Wie gut sich Mensch und Maschine inzwischen tatsächlich verstehen, mussten zwei aktuelle Anwendungen im Redaktionstest nachweisen: zum einen die Software Dragon Naturally Speaking 12 des Herstellers Nuance. Sie wird auf dem PC installiert und wendet sich an Privatkunden. Die Alternative ist der internetbasierte Dienst Linguatec Voice Pro Enterprise vom bayrischen Softwarehaus Linguatec.
Naturally Speaking kostet 99 Euro; die Premium-Variante - unter anderem mit größerem Wortschatz - 149 Euro.

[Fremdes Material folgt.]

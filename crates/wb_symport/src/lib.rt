//! The host's accesses to a symbolic chip: status read, data read and data write, for all inputs at once.
//!
//! Under any inputs for which a state stands for a machine, the chosen result stands for the machine after the
//! access, and the word given has the byte that the host gets. An access forks on DRC alone, and only where that
//! isn't known. `port` has the three accesses; the private `halves` has the halves of words that they give and
//! replace, `status` the status byte, and `after` the state after a transfer.
#![tactic(auto)]

mod after;
mod halves;
mod port;
mod status;

pub use port::{sym_read, sym_status, sym_write};
pub use wb_symstep::{OutOfMemory, Stepped, SymState};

Voice Pro wird als sogenannter Cloud-Service aus dem Netz nach Rechenzeit berechnet: Zehn Stunden Transkription schlagen mit 120 Euro zu Buche.
Beide Angebote bedienen einen rasch wachsenden Markt: Die Analysten des Marktforschungsinstituts Technavio erwarten, dass der Umsatz mit Sprachsoftware, im vergangenen Jahr europaweit bei rund 136 Millionen Euro gelegen, bis 2016 um 18 Prozent zunehmen wird.
Spracherkennungstechnik
Je professioneller die Technik, desto besser. Unter guten Umständen können aber auch die Aufnahme-Apps moderner Apple- oder Android-Smartphones ordentliche Ergebnisse liefern.
Entscheidend ist Aussteuerung. Zu leise und verrauschte Aufnahmen kann die Software nicht verstehen. Der Sprecher sollte nicht mehr als 50 Zentimeter vom Aufnahmegerät entfernt sein.
Je stärker die Aufnahme komprimiert wird, desto mehr muss die Erkennungssoftware raten. Die beste Qualität erreicht man daher mit unkomprimierten WAV-Dateien, im Test funktionierten aber auch gut ausgesteuerte MP3-Dateien.
Blind verlassen darf man sich auf die Erkennung nicht. Bei allen Dateien mussten zumindest einige Punkte und Kommas von Hand nachgetragen werden.
"Das Problem der Spracherkennung", verspricht John Vasicek, Entwickler beim Dragon-Hersteller Nuance, vollmundig, "ist praktisch gelöst." Tatsächlich gibt das Programm in der jüngsten Auflage kaum mehr Anlass zu Kopfschütteln über Sprachsalat, den der Computer beim Zuhören erzeugt.
Allerdings funktioniert Software für Privatanwender noch immer nur dann richtig gut, wenn das System auf Aussprache und Wortwahl seines Benutzers geeicht ist. Das heißt auch: Soll das Programm Aufnahmen eines anderen Sprechers umwandeln, produziert es oft doch wieder Text-Schrott. Lost in Transcription - das gilt daher leider auch fürs Erfassen aufgezeichneter Interviews, Besprechungen oder Vorträge.